[[ Information provided, beginning ]]
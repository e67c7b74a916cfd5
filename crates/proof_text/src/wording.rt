ghost use Rattle.std.specs.Prelude.{◌≡◌};
ghost use Rattle.proof_text.specs.Lines as lines;

/// How lines are written.
#[derive(Clone, Copy, Debug)]
pub enum Wording {
    /// With the signs of a proof text.
    Signs,
    /// With English words.
    English,
}

impl Wording {
    // What stands before the predicate of a complement.
    pub(crate) fn negation(self) -> &'static [u8]
        ensures { result.now ≡ lines.negation self }
    {
        match self {
            Wording::Signs => b"~",
            Wording::English => b"not ",
        }
    }

    // What stands between facts.
    pub(crate) fn conjunction(self) -> &'static [u8]
        ensures { result.now ≡ lines.conjunction self }
    {
        match self {
            Wording::Signs => b" & ",
            Wording::English => b" and ",
        }
    }

    // What stands between cases.
    pub(crate) fn disjunction(self) -> &'static [u8]
        ensures { result.now ≡ lines.disjunction self }
    {
        match self {
            Wording::Signs => b" | ",
            Wording::English => b" or ",
        }
    }

    // What stands for no facts.
    pub(crate) fn truth(self) -> &'static [u8]
        ensures { result.now ≡ lines.truth self }
    {
        match self {
            Wording::Signs => b"$true",
            Wording::English => b"true",
        }
    }

    // What stands for falsehood.
    pub(crate) fn falsehood(self) -> &'static [u8]
        ensures { result.now ≡ lines.falsehood self }
    {
        match self {
            Wording::Signs => b"$false",
            Wording::English => b"a contradiction",
        }
    }
}
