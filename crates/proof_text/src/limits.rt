//! The limit that proof texts alone have.

/// The greatest number of rule applications that a gap may allow for.
pub const MOST_WITHIN: u32 = 200;
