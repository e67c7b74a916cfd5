ghost use Rattle.std.specs.Prelude.{◌≡◌};
ghost use Rattle.proof_text.specs.Watching.{GoesOn, counted, opened, split_opened, closed};

use text_core::{MOST_APPLICATIONS, MOST_SPLITS};

/// What is refused at a token with which the tokens still begin a text. Where `TooLarge` and
/// `TooDeep` are at one token, it is `TooLarge`.
#[derive(Clone, Copy, Debug)]
pub enum Limit {
    /// The integer in the place of the version is neither `1` nor `2`.
    Version,
    /// The token is a rule word, and there are `MOST_APPLICATIONS` before it.
    TooLarge,
    /// The token is a `cs` inside `MOST_SPLITS` others.
    TooDeep,
}

/// What the watcher keeps: how many rule words there are so far, and how many splits are open.
#[derive(Debug, Drop)]
pub struct Tally {
    pub applications: u32,
    pub splits: u32,
}

impl Tally {
    /// Counts a rule word. The error is the limit that is passed.
    pub fn count(&mut self) -> Result<(), Limit>
        ensures { GoesOn (counted self.old) self.new result }
    {
        if self.applications >= MOST_APPLICATIONS {
            return Err(Limit::TooLarge);
        }
        self.applications += 1;
        Ok(())
    }

    /// Opens a split. The error is the limit that is passed.
    pub fn open(&mut self) -> Result<(), Limit>
        ensures { GoesOn (opened self.old) self.new result }
    {
        if self.splits >= MOST_SPLITS {
            return Err(Limit::TooDeep);
        }
        self.splits += 1;
        Ok(())
    }

    /// Counts a split and opens it. The error is the limit that is passed.
    pub(crate) fn open_split(&mut self) -> Result<(), Limit>
        ensures { GoesOn (split_opened self.old) self.new result }
    {
        self.count()?;
        self.open()
    }

    /// Closes a split.
    pub fn close(&mut self)
        ensures { self.new ≡ closed self.old }
    {
        self.splits = self.splits.saturating_sub(1);
    }
}
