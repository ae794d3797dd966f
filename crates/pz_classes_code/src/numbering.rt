ghost use Rattle.std.specs.Prelude.{◌≡◌, ◌<◌, ◌^◌, List, ℕ, None, Some, IfOk, OnOk, length, take, if◌then◌else◌};
ghost use Rattle.std.specs.Option.{option_or};
ghost use Rattle.std.specs.Str.{bytes_eq};
ghost use Rattle.pz_classes_code.specs.NumberIn.{number_in};
ghost use Rattle.pz_classes_code.specs.Places.{place_in};
ghost use Rattle.pz_classes_code.specs.devices.Above.{ArePlaced};

use indexmap::IndexMap;
use pz_syntax::Name;
use std::alloc::{AllocError, Global};

/// Numbers of names. A name keeps the first number that it is given.
pub struct Numbering {
    map: IndexMap<Vec<u8>, u32>,
}

// Written out, so that it is proved once, here, and not in each function that drops one.
impl Drop for Numbering {
    fn drop(self) {
        let Numbering { map } = self;
        std::mem::drop(map);
    }
}

impl Numbering {
    /// No name has a number yet. Takes no memory.
    pub fn new(alloc: Global) -> Numbering
        ensures { (name : List ℕ) → number_in result name ≡ None }
    {
        Numbering {
            map: IndexMap::new(alloc),
        }
    }

    /// The number of a name, if it has one.
    pub fn get(&self, name: &[u8]) -> Option<u32>
        ensures { result ≡ number_in self.now name.now }
    {
        self.map.get(name).copied()
    }

    /// Gives a name the number, unless it has one. The only error is want of memory.
    pub fn add(&mut self, alloc: Global, name: &Name, number: u32) -> Result<(), AllocError>
        ensures { OnOk result ((q : List ℕ) → number_in self.new q ≡ option_or
            (number_in self.old q) (if bytes_eq q name.now then Some number else None)) }
    {
        let bytes = name.as_str().as_bytes();
        if self.get(bytes).is_none() {
            self.map.insert(bytes.to_vec(alloc)?, number)?;
        }
        Ok(())
    }
}

/// The numbers of names by their places, from 0; of equal names the first counts. The only error is
/// want of memory.
pub fn places_of(alloc: Global, names: &[Name]) -> Result<Numbering, AllocError>
    requires { length names.now < 2 ^ 32 }
    ensures { IfOk result (λ n. (q : List ℕ) → number_in n q ≡ place_in names.now q) }
{
    let mut numbering = Numbering::new(alloc);
    let mut place = 0u32;
    for name in names {
        numbering.add(alloc, name, place)?;
        place += 1;
    }
    Ok(numbering)
}

/// The first of the names, so many of them; all where there are fewer.
fn first(names: &[Name], count: usize) -> &[Name]
    ensures { result.now ≡ take count names.now }
{
    if count < names.len() {
        &names[..count]
    } else {
        names
    }
}

/// The places of the first names, of as many as 32 bits number. The only error is want of memory.
pub(crate) fn first_places(alloc: Global, names: &[Name]) -> Result<Numbering, AllocError>
    ensures { IfOk result (ArePlaced names.now) }
{
    places_of(alloc, first(names, u32::MAX as usize))
}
[[ Information provided, end ]]
(Problem to solve)
Show each line of the material where the word "true" occurs.

(Task result)
            Wording::Signs => b"$true",
            Wording::English => b"true",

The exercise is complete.